Michael Mello

Heterodyne transverse velocimetry for pressure-shear plate impact experiments

Pressure-shear plate impact experiments have traditionally relied on free space beam interferometers to measure transverse and normal particle velocities at the rear surface of the target plate. Here, we present two different interferometry schemes that leverage heterodyne techniques, which enable the simultaneous measurement of normal and transverse velocities using short-time Fourier transforms. Both techniques rely on diffracted 1st order beams that are generated by a specular, metallic grating deposited on the rear surface of the target plate. The diffracted beam photonic Doppler velocimetry technique interferes each 1st order beam with a reference of slightly higher wavelength to create a constant carrier frequency at zero particle velocity. The second technique interferes the 1st order beams with each other and employs an acousto-optic frequency shifter on the +1st order beam to create a heterodyne transverse velocimeter. For both interferometer techniques, the 0th order beam is interfered in a heterodyne photonic Doppler velocimetry arrangement to obtain a measurement of the normal particle velocity. An overview of both configurations is presented along with a derivation of the interferometer sensitivities to transverse and normal particle velocities as well as design guidelines for the optical system. Results from normal impact experiments conducted on Y-cut quartz are presented as the experimental validation of the two proposed techniques.

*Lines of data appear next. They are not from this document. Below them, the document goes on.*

ghost use Rattle.std.specs.Prelude.{◌≡◌, ◌==◌, ◌<◌, ◌≤◌, ◌&&◌, [], drop, length, count_by, slice_index, Ok, IfSome, is_some};
ghost use Rattle.ob_script.specs.Reading.{words_after, all_numbers_in, before_numbers, is_short_number, numbers_in};
ghost use Rattle.ob_script.specs.Reading.{HoldsNumbers};

use crate::reading::fault::LineFault;
use crate::reading::lines::first_word;
use crate::reading::range::{Range, short_number};

/// The most numbers that a line has.
const MAX_NUMBERS: usize = 3;

/// The numbers of the words that follow a first word, one for each range and then zeros, or the first fault: too few
/// words, too many, or a faulty one.
pub fn read_all_numbers(ranges: &[Range], after: &[u8]) -> Result<[u64; MAX_NUMBERS], LineFault>
    requires few { length ranges.now ≤ 3 }
    requires space { 0 < length after.now → slice_index after.now 0 ≡ 32 }
    ensures { HoldsNumbers result (all_numbers_in ranges.now (words_after after.now)) }
{
    if after.is_empty() && ranges.is_empty() {
        return Ok([0; MAX_NUMBERS]);
    }
    if let Some(number) = one_number(ranges, after) {
        return match number {
            Ok(number) => Ok([number, 0, 0]),
            Err(fault) => Err(fault),
        };
    }
    let count = count_spaces(after);
    if count < ranges.len() {
        return Err(LineFault::TooFewWords);
    }
    if ranges.len() < count {
        return Err(LineFault::TooManyWords);
    }
    read_numbers(ranges, after)
}

/// The number behind a space if one is asked for, or its fault. If anything but one to nineteen digits is there,
/// nothing is said.
fn one_number(ranges: &[Range], after: &[u8]) -> Option<Result<u64, LineFault>>
    requires space { 0 < length after.now → slice_index after.now 0 ≡ 32 }
    ensures value { IfSome result (λ number. all_numbers_in ranges.now (words_after after.now)
        ≡ before_numbers number (Ok [])) }
    ensures when { is_some result ≡ (length ranges.now == 1) && is_short_number (drop 1 after.now) }
{
    if ranges.len() != 1 || after.is_empty() {
        return None;
    }
    let number = short_number(&after[1..])?;
    Some(ranges[0].hold(number))
}

/// How many spaces there are.
fn count_spaces(bytes: &[u8]) -> usize
    ensures { result ≡ count_by (λ byte. byte == 32) bytes.now }
{
    bytes.iter().filter(|byte| **byte == b' ').count()
}

/// The numbers of the words, one for each range and then zeros, or the fault of the first faulty word.
fn read_numbers(ranges: &[Range], after: &[u8]) -> Result<[u64; MAX_NUMBERS], LineFault>
    requires few { length ranges.now ≤ 3 }
    requires space { 0 < length after.now → slice_index after.now 0 ≡ 32 }
    requires each { length (words_after after.now) ≡ length ranges.now }
    ensures { HoldsNumbers result (numbers_in ranges.now (words_after after.now)) }
{
    let mut numbers = [0; MAX_NUMBERS];
    let mut rest = after;
    for (place, range) in ranges.iter().enumerate() {
        let (word, others) = first_word(&rest[1..]);
        match range.read(word) {
            Ok(number) => numbers[place] = number,
            Err(fault) => return Err(fault),
        }
        rest = others;
    }
    Ok(numbers)
}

Pressure-shear plate impact experiment on soda-lime glass at a pressure of 30 GPa and strain rate of 4·10^7 s^(-1)

Recent modifications of a powder gun facility at Caltech have enabled pressure-shear plate impact (PSPI) experiments in a regime of pressures and strain rates that were previously unaccessible. A novel heterodyne diffracted beam photonic Doppler velocimeter (DPDV) has also been developed for simultaneous measurement of the normal and transverse particle velocity histories using the ±1st order diffracted beams produced by a 400 lines/mm diffraction grating deposited onto the polished rear surface of the impacted target plate. We present and interpret the results of a PSPI experiment conducted on a 5 µm thick soda-lime glass sample subjected to a normal stress of 30 GPa and a shear strain rate of 4 · 10^7 s^(–1). Transverse particle velocity measurements reveal a peak shear stress level of 1.25 GPa up to a shear strain value of 2.2, followed by a precipitous drop in stress and complete loss of shear strength.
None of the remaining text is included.